Re: Use of zero-length arrays in bcachefs structures inner fields

From: Alexander Potapenko
Date: Mon Jun 03 2024 - 05:13:31 EST


On Tue, May 28, 2024 at 5:02 PM Kent Overstreet
<kent.overstreet@xxxxxxxxx> wrote:
>
> On Tue, May 28, 2024 at 01:36:11PM +0200, Alexander Potapenko wrote:
> > On Fri, May 24, 2024 at 7:30 PM Kent Overstreet
> > <kent.overstreet@xxxxxxxxx> wrote:
> > >
> > > On Fri, May 24, 2024 at 12:04:11PM -0400, Mathieu Desnoyers wrote:
> > > > On 2024-05-24 11:35, Mathieu Desnoyers wrote:
> > > > > [ Adding clang/llvm and KMSAN maintainers/reviewers in CC. ]
> > > > >
> > > > > On 2024-05-24 11:28, Kent Overstreet wrote:
> > > > > > On Thu, May 23, 2024 at 01:53:42PM -0400, Mathieu Desnoyers wrote:
> > > > > > > Hi Kent,
> > > > > > >
> > > > > > > Looking around in the bcachefs code for possible causes of this KMSAN
> > > > > > > bug report:
> > > > > > >
> > > > > > > https://lore.kernel.org/lkml/000000000000fd5e7006191f78dc@xxxxxxxxxx/
> > > > > > >
> > > > > > > I notice the following pattern in the bcachefs structures: zero-length
> > > > > > > arrays members are inserted in structures (not always at the end),
> > > > > > > seemingly to achieve a result similar to what could be done with a
> > > > > > > union:
> > > > > > >
> > > > > > > fs/bcachefs/bcachefs_format.h:
> > > > > > >
> > > > > > > struct bkey_packed {
> > > > > > > __u64 _data[0];
> > > > > > >
> > > > > > > /* Size of combined key and value, in u64s */
> > > > > > > __u8 u64s;
> > > > > > > [...]
> > > > > > > };
> > > > > > >
> > > > > > > likewise:
> > > > > > >
> > > > > > > struct bkey_i {
> > > > > > > __u64 _data[0];
> > > > > > >
> > > > > > > struct bkey k;
> > > > > > > struct bch_val v;
> > > > > > > };
> >
> > I took a glance at the LLVM IR for fs/bcachefs/bset.c, and it defines
> > struct bkey_packed and bkey_i as:
> >
> > %struct.bkey_packed = type { [0 x i64], i8, i8, i8, [0 x i8], [37 x i8] }
> > %struct.bkey_i = type { [0 x i64], %struct.bkey, %struct.bch_val }
> >
> > , which more or less looks as expected, so I don't think it could be
> > causing problems with KMSAN right now.
> > Moreover, there are cases in e.g. include/linux/skbuff.h where
> > zero-length arrays are used for the same purpose, and KMSAN handles
> > them just fine.
> >
> > Yet I want to point out that even GCC discourages the use of
> > zero-length arrays in the middle of a struct:
> > https://gcc.gnu.org/onlinedocs/gcc/Zero-Length.html, so Clang is not
> > unique here.
> >
> > Regarding the original KMSAN bug, as noted in
> > https://lore.kernel.org/all/0000000000009f9447061833d477@xxxxxxxxxx/T/,
> > we might be missing the event of copying data from the disk to
> > bcachefs structs.
> > I'd appreciate help from someone knowledgeable about how disk I/O is
> > implemented in the kernel.
>
> If that was missing I'd expect everything to be breaking.

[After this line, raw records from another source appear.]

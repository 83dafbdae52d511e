//! What holds of the definitions alone. The functions do nothing: what they ensure is the law.
ghost use Rattle.std.specs.Prelude.{◌≡◌, ◌<◌, ℕ, Bool, List, length};
ghost use Rattle.mk_names.specs.Names.{name_at};
ghost use Rattle.mk_plan.specs.Known.{IsNodeOf};
ghost use Rattle.mk_plan.specs.Passage.{Passage};
ghost use Rattle.mk_plan.specs.Passing.{Passes};
ghost use Rattle.mk_nodes.specs.Graph.{IsGraph};
ghost use Rattle.mk_nodes.specs.Prerequisites.{Inputs};
ghost use Rattle.mk_nodes.specs.declared.graph.Graph.{Graph};

/// A node is passed in one way: whether it counts as remade, and what is told of it, follow from the graph and the marks.
pub fn one_passing()
    ensures { (keeping : Bool) (graph : Graph) (marks : List Bool) (n : ℕ) (p q : Bool) (a b : List Passage)
        → Passes keeping graph marks n p a → Passes keeping graph marks n q b → (p ≡ q) × (a ≡ b) }
{}

/// A graph has of a node what the rule lines, the files and the state say of its name.
pub fn nodes_by_name()
    ensures { (inputs : Inputs) (named : List (List ℕ)) (graph : Graph) (n : ℕ) → IsGraph inputs named graph
        → n < length graph.nodes.items → IsNodeOf inputs graph n (name_at graph.names n) }
{}
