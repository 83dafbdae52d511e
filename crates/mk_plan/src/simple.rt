//! Whether a recipe without references gives just the commands that the state has. Nothing is copied, and no words are gathered.
ghost use Rattle.std.specs.Prelude.{◌≡◌, ◌==◌, []};
ghost use Rattle.std.specs.Bool.{OnTrue};
ghost use Rattle.std.specs.List.{list_any};
ghost use Rattle.mk_macros.specs.Expansion.{Meanings};
ghost use Rattle.mk_plan.specs.Finished.{GivesFirst, GivesCommands};
ghost use Rattle.mk_plan.specs.Simple.{KeepsFirst, IsItsOwn};

use byte_strings::Iter;
use mk_macros::MAX_EXPANSION_BYTES;
use mk_reader::RecipeLine;
use mk_recipe::kept_of_expanded;
use mk_seen::is_same;

fn has_reference(text: &[u8]) -> bool
    ensures { result ≡ list_any (λ b. b == 36) text.now }
{
    text.contains(&b'$')
}

/// Whether a text is its own expansion: it has no reference, and isn't too long.
#[tactic(auto, using(crate::proofs::SimpleLemmas::its_own))]
fn is_its_own(text: &[u8]) -> bool
    ensures { OnTrue result (IsItsOwn text.now) }
{
    text.len() <= MAX_EXPANSION_BYTES && !has_reference(text)
}

/// Takes what the state keeps of an expanded line from the front of these commands; false where it doesn't stand there.
fn takes_kept(expanded: &[u8], commands: &mut Iter<'_>) -> bool
    ensures { OnTrue result (KeepsFirst expanded.now commands.old commands.new) }
{
    match kept_of_expanded(expanded) {
        None => true,
        Some(kept) => match commands.next() {
            Some(command) => is_same(command, kept),
            None => false,
        },
    }
}

/// As `takes_kept`, of a line that has no reference; false where it has one.
fn takes_first(raw: &RecipeLine, commands: &mut Iter<'_>) -> bool
    ensures { OnTrue result ((meanings : Meanings) → GivesFirst meanings raw.now commands.old commands.new) }
{
    let text = raw.text.as_slice();
    is_its_own(text) && takes_kept(text, commands)
}

pub fn is_over(commands: Iter<'_>) -> bool
    ensures { OnTrue result (commands.entry ≡ []) }
{
    let mut commands = commands;
    commands.next().is_none()
}

/// Whether these are the commands that the lines give the state to keep, of which none has a reference.
pub fn gives_simply(recipe: &[RecipeLine], commands: Iter<'_>) -> bool
    ensures { OnTrue result ((meanings : Meanings) → GivesCommands meanings recipe.now commands.entry) }
{
    let mut left = commands;
    for raw in recipe {
        if !takes_first(raw, &mut left) {
            return false;
        }
    }
    is_over(left)
}
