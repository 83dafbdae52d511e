//! What is told of a target that is passed: why it is made, in lines of their own.
ghost use Rattle.std.specs.Prelude.{◌≡◌, List, ◌++◌, ◌∷◌, [], IfOk, OnOk};
ghost use Rattle.std.specs.List.{flat_map};
ghost use Rattle.mk_names.specs.Names.{name_at};
ghost use Rattle.mk_recipe.specs.declared.line.Line.{Line};
ghost use Rattle.mk_plan.specs.Passing.{told_in};
ghost use Rattle.mk_plan.specs.Passage.{to_make, finished};
ghost use Rattle.mk_plan.specs.Telling.{about, change_lines, lines_about, lines_for};

use crate::change::Change;
use crate::passing::Passed;
use crate::why::Why;
use byte_strings::ByteStrings;
use mk_nodes::Graph;
use mk_seen::name_of;
use plain_text::to_plain;
use std::alloc::{AllocError, Global};

/// How much is told of targets with a recipe.
#[derive(Clone, Copy)]
pub enum Telling {
    Nothing,
    /// Why one is made.
    Reasons,
    /// That too, what has changed, and which are up to date.
    All,
    /// That one is made because all are, as the user wants it.
    AllMade,
}

/// Adds a line about a target.
fn push_about(
    alloc: Global,
    told: &mut ByteStrings,
    target: &[u8],
    label: &[u8],
    text: &[u8],
) -> Result<(), AllocError>
    ensures { OnOk result (told.new ≡ told.old ++ about target.now (label.now ++ text.now) ∷ []) }
{
    let mut line = Vec::from_slice(alloc, b"dmk: ")?;
    line.extend_from_slice(target)?;
    line.extend_from_slice(b": ")?;
    line.extend_from_slice(label)?;
    line.extend_from_slice(text)?;
    let shown = to_plain(alloc, &line)?;
    told.push(&shown)
}

/// Adds such a line with this label for each text.
fn push_each(
    alloc: Global,
    told: &mut ByteStrings,
    target: &[u8],
    label: &[u8],
    texts: &ByteStrings,
) -> Result<(), AllocError>
    ensures { OnOk result (told.new ≡ told.old ++ lines_for target.now label.now texts.now) }
{
    for text in texts.iter() {
        push_about(alloc, told, target, label, text)?;
    }
    Ok(())
}

/// Adds what has changed of a target.
fn push_change(
    alloc: Global,
    told: &mut ByteStrings,
    target: &[u8],
    change: &Change,
) -> Result<(), AllocError>
    ensures { OnOk result (told.new ≡ told.old ++ change_lines target.now change.now) }
{
    push_each(alloc, told, target, b"was: ", &change.was)?;
    push_each(alloc, told, target, b"now: ", &change.is)
}

/// What is told of a node whose recipe is to be run: why, and what has changed.
pub fn why_lines(
    alloc: Global,
    telling: Telling,
    graph: &Graph,
    node: usize,
    why: &Why,
) -> Result<ByteStrings, AllocError>
    ensures { IfOk result (λ told. (lines : List Line) → told ≡ lines_about telling (to_make (name_at graph.now.names node) why.now lines)) }
{
    let mut told = ByteStrings::empty(alloc);
    match telling {
        Telling::Nothing => {}
        Telling::Reasons => push_about(
            alloc,
            &mut told,
            name_of(graph, node),
            b"",
            why.words.as_slice(),
        )?,
        Telling::All => {
            push_about(
                alloc,
                &mut told,
                name_of(graph, node),
                b"",
                why.words.as_slice(),
            )?;
            push_change(alloc, &mut told, name_of(graph, node), &why.change)?;
        }
        Telling::AllMade => push_about(alloc, &mut told, name_of(graph, node), b"", b"made by -B")?,
    }
    Ok(told)
}

/// What is told of a node that has a recipe and is up to date.
fn finished_lines(
    alloc: Global,
    telling: Telling,
    graph: &Graph,
    node: usize,
) -> Result<ByteStrings, AllocError>
    ensures { IfOk result (λ told. told ≡ lines_about telling (finished (name_at graph.now.names node))) }
{
    let mut told = ByteStrings::empty(alloc);
    match telling {
        Telling::Nothing | Telling::Reasons | Telling::AllMade => {}
        Telling::All => push_about(alloc, &mut told, name_of(graph, node), b"", b"up to date")?,
    }
    Ok(told)
}

/// What is told of a node that was passed.
pub fn told_lines(
    alloc: Global,
    telling: Telling,
    graph: &Graph,
    node: usize,
    passed: &Passed,
) -> Result<ByteStrings, AllocError>
    ensures { IfOk result (λ told. told ≡ flat_map (lines_about telling) (told_in graph.now node passed.now)) }
{
    match passed {
        Passed::Listed(why, _lines) => why_lines(alloc, telling, graph, node, why),
        Passed::UpToDate => finished_lines(alloc, telling, graph, node),
        Passed::Remade => Ok(ByteStrings::empty(alloc)),
        Passed::Left => Ok(ByteStrings::empty(alloc)),
    }
}
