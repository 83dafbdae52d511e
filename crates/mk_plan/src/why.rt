//! Why a recipe is to be run, by the verdict on its target.
ghost use Rattle.std.specs.Prelude.{◌≡◌, ◌<◌, length, map, IfOk, OnOk};
ghost use Rattle.std.specs.Option.{option_copied};
ghost use Rattle.mk_names.specs.Names.{all_added, name_at};
ghost use Rattle.mk_nodes.specs.Prerequisites.{hidden_in};
ghost use Rattle.mk_verdict.specs.Told.{words_for};
ghost use Rattle.mk_seen.specs.Nodes.{entry_of};
ghost use Rattle.mk_plan.specs.Why.{IsJudgedSo, gone_number, gone_words, is_none_left, judged_names, words_of};

use crate::change::{Change, change_of};
use byte_strings::ByteString;
use mk_names::Names;
use mk_nodes::Graph;
use mk_seen::{entry_of, name_of};
use mk_verdict::{Look, Mark, Prerequisite, Reason, Target, Told, Verdict, judge};
use std::alloc::{AllocError, Global};

/// Why a recipe is to be run.
pub struct Why {
    pub reason: Reason,
    /// The reason in a user's words.
    pub words: ByteString,
    /// What it speaks of.
    pub change: Change,
}

impl Drop for Why {
    fn drop(self) {
        let Why {
            reason: _,
            words: _,
            change: _,
        } = self;
    }
}

fn displayed(alloc: Global, told: Told<'_>) -> Result<ByteString, AllocError>
    ensures { IfOk result (λ words. words ≡ words_for told.entry.prerequisites.now told.entry.reason) }
{
    let words = format!(in alloc; "{told}")?;
    ByteString::from_slice(alloc, words.as_bytes())
}

fn mention_nodes(
    alloc: Global,
    names: &mut Names,
    graph: &Graph,
    nodes: &[u32],
) -> Result<(), AllocError>
    ensures { OnOk result (names.new ≡ all_added names.old (map (name_at graph.now.names) nodes.now)) }
{
    for node in nodes {
        let _is_new = names.mention(alloc, name_of(graph, *node as usize))?;
    }
    Ok(())
}

fn mention_hidden(
    alloc: Global,
    names: &mut Names,
    graph: &Graph,
    node: usize,
) -> Result<(), AllocError>
    ensures { OnOk result (names.new ≡ all_added names.old (hidden_in (entry_of graph.now node))) }
{
    if let Some(entry) = entry_of(graph, node) {
        for name in entry.hidden() {
            let _is_new = names.mention(alloc, name)?;
        }
    }
    Ok(())
}

/// The names of a node's prerequisites as they are judged, also of those that are gone.
fn judged_names(alloc: Global, graph: &Graph, node: usize) -> Result<Names, AllocError>
    requires { node < length graph.now.nodes.items }
    ensures { IfOk result (λ names. names ≡ judged_names graph.now node) }
{
    let mut names = Names::new(alloc);
    mention_nodes(alloc, &mut names, graph, graph.hard.row(node))?;
    mention_hidden(alloc, &mut names, graph, node)?;
    Ok(names)
}

fn name_in(names: &Names, number: usize) -> &[u8]
    ensures { result.now ≡ name_at names.now number }
{
    if number < names.len() {
        names.name(number)
    } else {
        &[]
    }
}

/// The words for a hidden prerequisite that is gone. It is no node, so that its name stands in the state alone.
fn gone_words(
    alloc: Global,
    graph: &Graph,
    node: usize,
    number: usize,
) -> Result<ByteString, AllocError>
    requires { node < length graph.now.nodes.items }
    ensures { IfOk result (λ words. words ≡ gone_words graph.now node number) }
{
    let names = judged_names(alloc, graph, node)?;
    let gone = [Prerequisite {
        name: name_in(&names, number),
        stamp: None,
        is_hidden: true,
        has_rule: false,
        is_remade: false,
        look: Look::NoFile,
        mark: Mark::NotKept,
    }];
    displayed(alloc, Reason::HiddenGone(0).told(&gone))
}

/// Whether a prerequisite has neither a file nor a rule.
fn is_none_left(prerequisite: Option<&Prerequisite<'_>>) -> bool
    ensures { result ≡ is_none_left (option_copied prerequisite.entry) }
{
    match prerequisite {
        Some(prerequisite) => prerequisite.stamp.is_none() && !prerequisite.has_rule,
        None => false,
    }
}

/// The number of the gone prerequisite that a reason names.
fn gone_number(prerequisites: &[Prerequisite<'_>], reason: Reason) -> Option<usize>
    ensures { result ≡ gone_number prerequisites.now reason }
{
    match reason {
        Reason::HiddenGone(number) => Some(number),
        Reason::Changed(number) if is_none_left(prerequisites.get(number)) => Some(number),
        _ => None,
    }
}

/// The words for the reason why a node is out of date that is judged as this target.
fn words_of(
    alloc: Global,
    graph: &Graph,
    node: usize,
    target: &Target<'_>,
    reason: Reason,
) -> Result<ByteString, AllocError>
    requires { node < length graph.now.nodes.items }
    ensures { IfOk result (λ words. words ≡ words_of graph.now node target.now reason) }
{
    match gone_number(target.prerequisites, reason) {
        Some(number) => gone_words(alloc, graph, node, number),
        None => displayed(alloc, reason.told(target.prerequisites)),
    }
}

/// Why the recipe of a node is to be run that is judged as this target; None where it is up to date.
pub fn why_of(
    alloc: Global,
    keeping: bool,
    graph: &Graph,
    node: usize,
    target: &Target<'_>,
) -> Result<Option<Why>, AllocError>
    requires { node < length graph.now.nodes.items }
    ensures { IfOk result (IsJudgedSo keeping graph.now node target.now) }
{
    match judge(keeping, entry_of(graph, node), target) {
        Verdict::UpToDate => Ok(None),
        Verdict::OutOfDate(reason) => {
            let words = words_of(alloc, graph, node, target, reason)?;
            let change = change_of(alloc, graph, node, target, reason)?;
            Ok(Some(Why {
                reason,
                words,
                change,
            }))
        }
    }
}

What's the
> helper that marks memory as initialized?

There's kmsan_unpoison_memory()
(https://elixir.bootlin.com/linux/latest/source/include/linux/kmsan-checks.h#L37).
include/linux/kmsan.h also has several more specific helpers for
various subsystems - we probably need something like that.
I was expecting kmsan_handle_dma() to cover disk IO as well, but
apparently I was wrong.